Investigating Length Issues in Document-level Machine Translation
Ziqian Peng, Rachel Bawden, François Yvon
TL;DR
The paper investigates length-related degradation in document-level machine translation by designing a controlled methodology that varies input length and sentence position, evaluated on two architectures with doc-to-doc translation. It introduces ds-BLEU and a paired testing framework to quantify length and position effects, and proposes unifPE to balance training exposure to positional encodings. Key findings show that translation quality generally declines as document length grows, with earlier sentences translating more reliably than later ones; distributing or reshaping positional encoding exposure yields model-dependent improvements, notably for encoder-decoder NLLB-based systems, while RoPE-based TowerBase remains less responsive.
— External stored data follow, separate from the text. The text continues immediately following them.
//! Files that were named in a folder whose own entry is on the disk.
ghost use Rattle.std.specs.Prelude.{◌≡◌, Some, true};
ghost use Rattle.folder_filing.specs.Folders.{IsParentSynced};
ghost use Rattle.folder_filing.specs.Synced.{have_moved, is_at, is_moved};

use crate::folder_calls::FolderCalls;
use crate::folder_identity::NumberedFolder;
use crate::location::Location;
use crate::named_file::NamedFile;
use crate::open_folder::OpenFolder;

/// A subfolder whose entry in the folder is on the disk: only [`SyncedEntry::of`] makes one.
#[derive(Clone, Copy)]
pub(crate) struct SyncedEntry {
    folder: NumberedFolder,
}

impl SyncedEntry {
    /// Returns the entry of an open subfolder, after the last of these system calls has synced the
    /// folder.
    pub(crate) fn of<F: Drop>(folder: &OpenFolder<F>, _calls: &FolderCalls) -> SyncedEntry
        requires { IsParentSynced _calls.now }
        ensures { result.folder ≡ folder.now }
    {
        SyncedEntry {
            folder: folder.numbered(),
        }
    }

    /// Returns whether this is the entry of an open subfolder. A subfolder that replaced one that
    /// was moved away has the same number, but is another folder.
    pub(crate) fn is_of<F: Drop>(self, folder: &OpenFolder<F>) -> bool
        ensures { result ≡ true → self.folder ≡ folder.now }
    {
        self.folder == folder.numbered()
    }
}

/// A file that the system has named in a folder whose own entry is on the disk: only
/// [`EnteredFile::in_folder`] and [`EnteredFile::in_subfolder`] make one.
#[derive(Clone, Copy)]
pub(crate) struct EnteredFile {
    file: NamedFile,
    folder: NumberedFolder,
}

impl EnteredFile {
    /// Returns a file that was named in the folder itself.
    pub(crate) fn in_folder<F: Drop>(file: NamedFile, folder: &OpenFolder<F>) -> EnteredFile
        requires own { folder.now.number ≡ 0 }
        requires number { file.location.folder ≡ 0 }
        ensures file { result.file ≡ file }
        ensures folder { result.folder ≡ folder.now }
    {
        EnteredFile {
            file,
            folder: folder.numbered(),
        }
    }

    /// Returns a file that was named in this open subfolder, to which its number led right before
    /// and right after that, and which has this entry.
    pub(crate) fn in_subfolder<F: Drop>(
        file: NamedFile,
        folder: &OpenFolder<F>,
        _entry: SyncedEntry,
    ) -> EnteredFile
        requires number { folder.now.number ≡ file.location.folder }
        requires same { file.folder ≡ Some folder.now.identity }
        requires entry { _entry.folder ≡ folder.now }
        ensures file { result.file ≡ file }
        ensures folder { result.folder ≡ folder.now }
    {
        EnteredFile {
            file,
            folder: folder.numbered(),
        }
    }

    pub(crate) fn location(self) -> Location
        ensures { result ≡ self.file.location }
    {
        self.file.location()
    }

    pub(crate) fn folder(self) -> NumberedFolder
        ensures { result ≡ self.folder }
    {
        self.folder
    }

    /// Returns whether the file is at this location, in this folder.
    pub(crate) fn is_at(self, location: Location, folder: NumberedFolder) -> bool
        ensures at { result ≡ is_at location folder self }
        ensures location { result ≡ true → self.file.location ≡ location }
        ensures folder { result ≡ true → self.folder ≡ folder }
    {
        let own = self.file.location();
        own.folder == location.folder && own.file == location.file && self.folder == folder
    }

    /// Returns whether the draft of the file was renamed from another folder.
    pub(crate) fn has_remaining(self) -> bool
        ensures { result ≡ is_moved self.file }
    {
        self.file.has_remaining()
    }
}

/// Returns whether the draft of one of these files was renamed from another folder.
pub(crate) fn have_remaining(files: &[EnteredFile]) -> bool
    ensures { result ≡ have_moved files.now }
{
    files.iter().any(|file| file.has_remaining())
}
The work reinforces that sentence-level MT remains a strong baseline and highlights avenues for improving document-level MT, such as attention constraints to mimic sentence alignment or better memorization strategies, with broader implications for evaluation and training practices in long-context NLP.
Abstract
Transformer architectures are increasingly effective at processing and generating very long chunks of texts, opening new perspectives for document-level machine translation (MT). In this work, we challenge the ability of MT systems to handle texts comprising up to several thousands of tokens. We design and implement a new approach designed to precisely measure the effect of length increments on MT outputs. Our experiments with two representative architectures unambiguously show that (a)~translation performance decreases with the length of the input text; (b)~the position of sentences within the document matters, and translation quality is higher for sentences occurring earlier in a document. We further show that manipulating the distribution of document lengths and of positional embeddings only marginally mitigates such problems. Our results suggest that even though document-level MT is computationally feasible, it does not yet match the performance of sentence-based MT.